The last time I used the requests library to write a crawl page link in the simple code, extension, we can also use it to get our website PR and Baidu weight. The principle is similar. Finally, we can even write a loop to query the site of the bulk of the relevant information.
First talk about Googlepr, full name PageRank. It is Google's official assessment of a website SEO rating, this should not be unfamiliar. Since it is officially given, of course there is an official interface to get it.
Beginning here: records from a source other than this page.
ghost use Rattle.std.specs.Prelude.{◌≡◌, ◌+◌, ◌≤◌, ◌<◌, ◌-◌, ◌*◌, IfOk, length};

use crate::OutOfMemory;
use crate::bytes::Bytes;
use crate::first_page::FirstPage;
use crate::range::{Range, Space};
use mpm_base::{Pid, Seg, SegmentSpec};
use std::alloc::Global;

/// Who has a segment.
#[derive(Clone, Copy, Debug, PartialEq, Eq)]
pub(crate) enum Allocation {
    /// Nobody.
    Free,
    /// A process reserved it.
    Reserved(Pid),
    /// A process lives in it.
    Occupied,
}

/// A memory segment: its first page, its number of pages, who has it, and 256 bytes for each page.
#[derive(Drop)]
pub(crate) struct Segment {
    pub base: FirstPage,
    pub pages: u8,
    pub allocation: Allocation,
    pub bytes: Bytes,
}

impl Segment {
    ghost use Rattle.mpm_banks.specs.Stretches.{is_among, byte_among, word_among, put_among};
    ghost use Rattle.mpm_banks.specs.Memory.{IsSegment};
    ghost use Rattle.mpm_banks.specs.Ranges.{range_from};
    ghost use Rattle.mpm_banks.specs.Allocations.{new_segment, fits, freed};

    /// A free segment, all of whose bytes are 0.
    pub fn new(alloc: Global, spec: SegmentSpec) -> Result<Segment, OutOfMemory>
        ensures { IfOk result (λ segment. segment ≡ new_segment spec) }
    {
        Ok(Segment {
            base: FirstPage::new(spec.base),
            pages: spec.pages,
            allocation: Allocation::Free,
            bytes: Bytes::zeros(alloc, 256 * usize::from(spec.pages))?,
        })
    }

    /// Where it lies.
    #[inline]
    pub fn spec(&self) -> SegmentSpec
        ensures { result ≡ record { base = self.now.base; pages = self.now.pages } }
    {
        SegmentSpec {
            base: self.base.page(),
            pages: self.pages,
        }
    }

    /// Whether it is free, of at least so many pages, and of that base page if one is given.
    pub fn fits(&self, base: Option<u8>, pages: u8) -> bool
        ensures { result ≡ fits base pages self.now }
    {
        let has_base = match base {
            None => true,
            Some(asked) => self.base.page() == asked,
        };
        self.allocation == Allocation::Free && pages <= self.pages && has_base
    }

    /// Gives it back, if the process reserved it.
    pub fn release(&mut self, owner: Pid)
        ensures { self.new ≡ freed owner self.old }
    {
        if self.allocation == Allocation::Reserved(owner) {
            self.allocation = Allocation::Free;
        }
    }

    /// The byte that an address names, if it names one of the segment's.
    #[inline(always)]
    pub fn byte(&self, address: u16) -> Option<u8>
        requires { IsSegment self.now }
        ensures { result ≡ byte_among (256 * self.now.base) self.now.bytes address }
    {
        self.bytes.get(self.index(address))
    }

    /// The word at an address, low byte first, where both its bytes are the segment's.
    #[inline(always)]
    pub fn word(&self, address: u16) -> Option<u16>
        requires { IsSegment self.now }
        ensures { result ≡ word_among (256 * self.now.base) self.now.bytes address }
    {
        self.bytes.word(self.index(address))
    }

    /// Writes the byte that an address names, if it names one of the segment's; answers whether it does.
    #[inline(always)]
    pub fn put(&mut self, address: u16, value: u8) -> bool
        requires { IsSegment self.old }
        ensures answer { result ≡ is_among (256 * self.old.base) self.old.bytes address }
        ensures after { self.new ≡ record self.old { bytes = put_among (256 * self.old.base) self.old.bytes address value } }
    {
        let index = self.index(address);
        self.bytes.set(index, value)
    }

    /// How far an address is from the first of the segment; below that one, more than the segment has bytes.
    #[inline(always)]
    fn index(&self, address: u16) -> usize
        ensures behind { 256 * self.now.base ≤ address → result ≡ address - 256 * self.now.base }
        ensures below { address < 256 * self.now.base → 65536 ≤ result }
    {
        usize::from(address).wrapping_sub(self.base.address())
    }

    /// The range that `size` addresses from one on name in this segment, which has the number `seg`; none where they
    /// aren't all its own.
    pub fn range(&self, seg: Seg, address: u16, size: u16) -> Option<Range>
        requires { IsSegment self.now }
        ensures { result ≡ range_from (Space.InSegment seg) (256 * self.now.base) (256 * self.now.base + length self.now.bytes) address size }
    {
        let first = self.base.address();
        let from = usize::from(address);
        let to = from + usize::from(size);
        if from < first || first + self.bytes.len() < to {
            return None;
        }
        Some(Range {
            space: Space::InSegment(seg.0),
            from: from - first,
            to: to - first,
        })
    }
}
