ghost use Rattle.std.specs.Prelude.{◌≡◌, ◌+◌, ◌*◌, is_some};
ghost use Rattle.mpm_banks.specs.Gates.{last_page as last_page_of, call_gate};
ghost use Rattle.mpm_gate.specs.Gates.{IsHome, gate_in};

use mpm_banks::{Banks, CALL_GATE, END_GATE, RETURN_GATE, last_page};
use mpm_base::Seg;

/// The gates of a segment, in its last page, where the kernel acts whatever bytes stand there.
pub enum Gate {
    /// Ends the process.
    End,
    /// Calls the kernel.
    Call,
    /// Ends the resident procedure that its process is in; for others it is no gate.
    Return,
}

/// The last page of a segment, in which its gates are.
pub fn page_of_gates(banks: &Banks, seg: Seg) -> u8
    requires { IsHome banks.now seg }
    ensures { result ≡ last_page_of banks.now seg }
{
    last_page(banks.spec(seg))
}

/// The address of the gate at which a process of a segment calls the kernel.
pub fn gate_of_calls(banks: &Banks, seg: Seg) -> u16
    requires { IsHome banks.now seg }
    ensures { result ≡ 256 * last_page_of banks.now seg + call_gate }
{
    u16::from_le_bytes([CALL_GATE, page_of_gates(banks, seg)])
}

/// The gate at an address, if any, for a process that is in a resident procedure (`inside`) or in none.
#[tactic(auto, unfolding(crate::specs::Gates::gate_in))]
pub fn gate_at(inside: bool, page: u8, address: u16) -> Option<Gate>
    ensures { result ≡ gate_in inside page address }
{
    if address == u16::from_le_bytes([CALL_GATE, page]) {
        Some(Gate::Call)
    } else if address == u16::from_le_bytes([END_GATE, page]) {
        Some(Gate::End)
    } else if inside && address == u16::from_le_bytes([RETURN_GATE, page]) {
        Some(Gate::Return)
    } else {
        None
    }
}

/// Whether there is a gate at an address, for a process that is in a resident procedure (`inside`) or in none.
#[inline]
#[tactic(auto, unfolding(crate::specs::Gates::gate_in))]
pub fn is_gate(inside: bool, page: u8, address: u16) -> bool
    ensures { result ≡ is_some (gate_in inside page address) }
{
    if address == u16::from_le_bytes([CALL_GATE, page]) {
        return true;
    }
    let [place, high] = address.to_le_bytes();
    high == page && (place == END_GATE || inside && place == RETURN_GATE)
}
We use the official interface to get Google Pr.
The code is as follows:
Gpr_hash_seed = "Mining PageRank is against GOOGLE ' S TERMS of SERVICE. Y\
Es, I ' m talking to you, scammer. "
def google_hash (value):
Magic = 0x1020345
For i in Xrange (len (value)):
Magic ^= Ord (gpr_hash_seed[i% len (gpr_hash_seed)) ^ ord (Value[i])
Magic = (Magic >> | Magic << 9) & 0xFFFFFFFF
Return "8%08x"% (Magic)
def GETPR (WWW):
Try
url = ' Http://toolbarqueries.google.com/tbr? ' \
' client=navclient-auto&ch=%s&features=rank&q=info:%s '% (Google_hash (www), www)
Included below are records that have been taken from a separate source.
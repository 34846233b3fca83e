//! The gates of a segment, at which the kernel acts: where they are, what a kernel call reads as it is taken there, and its
//! reply as it is placed.
#![tactic(auto)]

mod descriptor;
mod gate;
mod memory;
mod reads;
mod reply;
mod take;

pub use descriptor::segment_descriptor;
pub use gate::{Gate, gate_at, gate_of_calls, is_gate, page_of_gates};
pub use reads::{Reads, reads_of};
pub use reply::{put_bytes, put_reply, take_return};
pub use take::{TextEnd, call_of};
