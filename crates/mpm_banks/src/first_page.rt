ghost use Rattle.std.specs.Prelude.{◌≡◌, ◌<◌, ◌*◌, ◌/◌, ◌%◌, ℕ};

use std::marker::Model;

/// The first page of a segment, by the address of its first byte. Contracts see the page.
#[derive(Drop)]
pub(crate) struct FirstPage {
    address: usize,
}

impl Model for FirstPage {
    ghost Value = { ℕ };

    ghost view = { λ first. first.address / 256 };

    ghost invariant = { λ first. (first.address % 256 ≡ 0) × (first.address < 65536) };
}

impl FirstPage {
    /// The page of that number.
    pub fn new(page: u8) -> FirstPage
        ensures { result ≡ page }
    {
        FirstPage {
            address: 256 * usize::from(page),
        }
    }

    /// Its number.
    pub fn page(&self) -> u8
        ensures { result ≡ self.now }
    {
        (self.address / 256) as u8
    }

    /// The address of its first byte.
    #[inline(always)]
    pub fn address(&self) -> usize
        ensures value { result ≡ 256 * self.now }
        ensures bound { result < 65536 }
    {
        self.address
    }
}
Response = requests.get (URL)
Rex = Re.search (R ' (. *?:.*?:) (\d+) ', Response.text)
Return Rex.group (2)
Except:
Return None
How to use: Incoming domain name, return PR value
Google_hash This function is just an algorithm that calculates a domain name that resembles a hash value and returns. We can not control how it is implemented, we mainly look at GETPR this function. Our official Google interface is this: Http://toolbarqueries.google.com/tbr?client=navclient-auto&ch={hash}&features=rank &q=info:{Domain}
{Hash} Here we use Google_hash () This function, passed in the domain name, return its corresponding HASH value. For example, our farewell song domain name www.leavesongs.com, its Google hash is 8b1e6ad00, so the construction of the consultation site is: http://toolbarqueries.google.com/tbr?client= Navclient-auto&ch=8b1e6ad00&features=rank&q=info:www.leavesongs.com
Access it and get rank_1:1:0. The number after the second quotation mark is PR, because my station is no PR, so the PR is 0.
So, we use Requests.get () to access the constructed URL, and then get a result like rank_1:1:0, and finally get the PR value of 0 by regular or other means.
The above is the execution of the GETPR function. Then see the process of acquiring Baidu weight.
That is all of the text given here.